• Action item:
Note each line of the entries that includes "bumpalo". Then copy those lines.

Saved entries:
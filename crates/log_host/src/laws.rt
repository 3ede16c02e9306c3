//! Laws over the definitions alone. Each is the contract of a function that does nothing.

ghost use Rattle.log_host.specs.Laws.{AtEachMoment, CrashLeaves, LastsOn, LivesLast, StartsSettled};

/// After a crash the log has all that was brought to the disk, followed by anything. Nothing else that a process did
/// counts.
#[tactic(auto, using(crate::proofs::Crashes::crash_leaves))]
pub fn crash_leaves()
    ensures { CrashLeaves }
{}

/// What lasts at each moment lasts after any of the first acts.
pub fn at_each_moment()
    ensures { AtEachMoment }
{}

/// Whatever a crash left, the log that a start makes of it is settled.
#[tactic(auto, using(crate::proofs::Starts::starts_settled))]
pub fn starts_settled()
    ensures { StartsSettled }
{}

/// However often a process ends and starts again: all that any of its runs wrote as replies is the beginning of what
/// the log that is left in the end answers.
#[tactic(auto, using(crate::proofs::Lives::lives_last))]
pub fn lives_last()
    ensures { LivesLast }
{}

/// What lasts from some acts on to others, and from these on, lasts from the first on.
#[tactic(auto, using(crate::proofs::Lives::lasts_on))]
pub fn lasts_on()
    ensures { LastsOn }
{}
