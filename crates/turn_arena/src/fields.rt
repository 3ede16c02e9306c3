//! Fields of a map: one set, one left out. An `Err` says that memory was refused.

ghost use Rattle.std.specs.Prelude.{◌≡◌, ◌++◌, ◌∷◌, ◌≤◌, length, take, drop, IfOk, IfErr};
ghost use Rattle.turn_arena.specs.Ascending.{NamesAscend};
ghost use Rattle.turn_arena.specs.Fields.{field_put, field_dropped, put_field, dropped_field, IsPlaceOf, IsGapFor};
ghost use Rattle.turn_arena.specs.NodeValue.{node_value, field_values};

use crate::node::{Field, Node};
use bumpalo::Bump;
use bumpalo::collections::into_bump_slice;
use std::alloc::AllocError;

/// The fields with one set: in place of the one of that name, else between its neighbours.
pub fn put_in<'a>(
    bump: &'a Bump,
    members: &'a [Field<'a>],
    name: &'a str,
    node: Node<'a>,
) -> Result<&'a [Field<'a>], AllocError>
    requires { NamesAscend members.now }
    ensures exact { IfOk result (λ r. r.now ≡ put_field (record { name = name.entry; node = node.entry }) members.now) }
    ensures value { IfOk result (λ r. field_values r.now ≡ field_put name.now (node_value node.entry) (field_values members.now)) }
    ensures ascends { IfOk result (λ r. NamesAscend r.now) }
{
    let field = [Field { name, node }];
    match place_of(members, name) {
        Ok(at) => splice_in(bump, members, at, at + 1, &field),
        Err(at) => splice_in(bump, members, at, at, &field),
    }
}

/// The fields without the one of that name. Nothing is copied where there is none.
pub fn drop_in<'a>(
    bump: &'a Bump,
    members: &'a [Field<'a>],
    name: &str,
) -> Result<&'a [Field<'a>], AllocError>
    requires { NamesAscend members.now }
    ensures exact { IfOk result (λ r. r.now ≡ dropped_field name.now members.now) }
    ensures value { IfOk result (λ r. field_values r.now ≡ field_dropped name.now (field_values members.now)) }
    ensures ascends { IfOk result (λ r. NamesAscend r.now) }
{
    match place_of(members, name) {
        Ok(at) => splice_in(bump, members, at, at + 1, &[]),
        Err(_) => Ok(members),
    }
}

/// The fields with others in place of those from `at` up to `after`.
fn splice_in<'a>(
    bump: &'a Bump,
    members: &'a [Field<'a>],
    at: usize,
    after: usize,
    others: &[Field<'a>],
) -> Result<&'a [Field<'a>], AllocError>
    requires order { at ≤ after }
    requires within { after ≤ length members.now }
    ensures { IfOk result (λ r. r.now ≡ take at members.now ++ (others.now ++ drop after members.now)) }
{
    let mut all = Vec::with_capacity(bump, at + others.len() + (members.len() - after))?;
    all.extend_from_slice(&members[..at])?;
    all.extend_from_slice(others)?;
    all.extend_from_slice(&members[after..])?;
    Ok(into_bump_slice(all))
}

/// Where the field of that name is, or where it would go.
fn place_of(members: &[Field<'_>], name: &str) -> Result<usize, usize>
    requires { NamesAscend members.now }
    ensures found { IfOk result (IsPlaceOf name.now members.now) }
    ensures absent { IfErr result (IsGapFor name.now members.now) }
{
    members.binary_search_by_key(&name, |field| field.name)
}
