//! The place at the end of a log.

ghost use Rattle.std.specs.Prelude.{◌≡◌, ◌≤◌, length, take};
ghost use Rattle.log_text.specs.Sums.{after};

use log_text::sum_after;

/// Where a log goes on: its name, the sum after its last batch, and the sum of all replies that went out.
#[derive(Clone, Copy, Debug, PartialEq, Eq)]
pub struct LogPlace {
    /// The first eight digits of its number.
    pub name: [u8; 8],
    pub sum: u64,
    pub told: u64,
}

impl LogPlace {
    /// The place after a head that has this number, of at least eight digits. No reply went out yet.
    pub fn behind_head(number: &[u8], head: &[u8]) -> LogPlace
        requires { 8 ≤ length number.now }
        ensures name { result.name ≡ take 8 number.now }
        ensures sum { result.sum ≡ after 0 head.now }
        ensures told { result.told ≡ 0 }
    {
        let mut name = [0; 8];
        name.copy_from_slice(&number[..8]);
        LogPlace {
            name,
            sum: sum_after(0, head),
            told: 0,
        }
    }
}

• Reply to the exercise:
use bumpalo::Bump;
use bumpalo::collections::into_bump_slice;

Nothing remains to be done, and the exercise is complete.